A pilot study of ribavirin therapy for chronic hepatitis C

Interferon-α therapy is of proven efficacy in chronic hepatitis C, but it is not universally effective and may be associated with intolerable side effects. Ribavirin is a nucleoside analog with a broad spectrum of antiviral action. We conducted an uncontrolled pilot study of ribavirin therapy in 13 patients with chronic hepatitis C. Ribavirin was given for 6 mo, in a dose that was increased, at 2-mo intervals, from 600 mg to 1,000 mg to 1,200 mg/day. Serum ALT levels gradually decreased in all 13 treated patients; the mean percentage of decrease was 67% (from 210 U/L [range = 109 to 593] to 63 U/L [range = 22 to 108 U/L]; p = 0.0006) after 6 mo of treatment.

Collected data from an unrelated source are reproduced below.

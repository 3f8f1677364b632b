//! What is kept while a component with braces is read.
ghost use Rattle.std.specs.Prelude.{◌<◌, length};

use crate::words::Words;

/// A pair of braces whose end has not been read yet.
#[derive(Drop)]
pub(crate) struct Pair {
    /// The words of what is before the pair, in the alternative around it.
    pub(crate) before: Words,
    /// The words of the alternatives of the pair that have ended.
    pub(crate) done: Words,
    ghost some: { 0 < length before },
}

/// What has been read of a component.
#[derive(Drop)]
pub(crate) struct Reading {
    /// The pairs that are open, the innermost last.
    pub(crate) opened: Vec<Pair>,
    /// The words of what has been read of the current alternative.
    pub(crate) words: Words,
    ghost some: { 0 < length words },
}
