/// Builds the code of statements, where t is the first temporary.
pub fn statements(
    alloc: Global,
    stmts: &[StmtTree],
    t: u32,
    code: &mut Seq<CoreStmt>,
) -> Result<(), AllocError>
    requires { behind code.old ≡ Code.End }
    ensures { OnOk result (behind code.new ≡ statements t (source_code stmts.now)) }
{
    let mut i = stmts.len();
    while i > 0 {
        i -= 1;
        match &stmts[i] {
            StmtTree::Assign(_, a) => assign(alloc, a.get(), t, code)?,
            StmtTree::Bundle(_, all) => bundle(alloc, all.as_slice(), t, code)?,
            StmtTree::Get(_, target) => get(alloc, target.get(), t, code)?,
            StmtTree::Put(_, target, e) => put(alloc, target.get(), e.get(), t, code)?,
            StmtTree::Call(spot, target, callee, es) => {
                call(alloc, *target, *callee, es.as_slice(), spot.at, t, code)?;
            }
            StmtTree::If(_, e, one, two) => {
                let mut first = nothing(alloc);
                statements(alloc, one.as_slice(), t, &mut first)?;
                let mut second = nothing(alloc);
                statements(alloc, two.as_slice(), t, &mut second)?;
                branch(alloc, e.get(), t, first, second, code)?;
            }
            StmtTree::Loop(_, e, body, step) => {
                let mut first = nothing(alloc);
                statements(alloc, body.as_slice(), t, &mut first)?;
                let mut second = nothing(alloc);
                statements(alloc, step.as_slice(), t, &mut second)?;
                turn(alloc, e.get(), t, first, second, code)?;
            }
            StmtTree::Break => front(code, CoreStmt::Break)?,
            StmtTree::Continue => front(code, CoreStmt::Continue)?,
            StmtTree::Return(_, e) => leave(alloc, e.get(), t, code)?,
            StmtTree::Check(spot, e) => check(alloc, spot.at, e.get(), t, code)?,
        }
    }
    Ok(())
}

Serum aminotransferase levels fell to the normal range in four patients (31%). In the 3 to 6 mo after cessation of ribavirin therapy, serum aminotransferase activities gradually rose to near pretreatment levels in all but one patient. Therapy was associated with a significant decrease in the geometric mean titer of hepatitis C virus RNA in serum (1:1,981 vs. 1:199; p < 0.02) although no patients lost hepatitis C virus RNA from serum during therapy. No significant improvement was seen in liver histological appearance. Ribavirin therapy resulted in mild, reversible hemolysis; no patient exhibited symptomatic anemia. These findings suggest that ribavirin has a beneficial effect in patients with chronic hepatitis C, although further studies are needed to determine how ribavirin is best used. (HEPATOLOGY 1992;16:649–654.)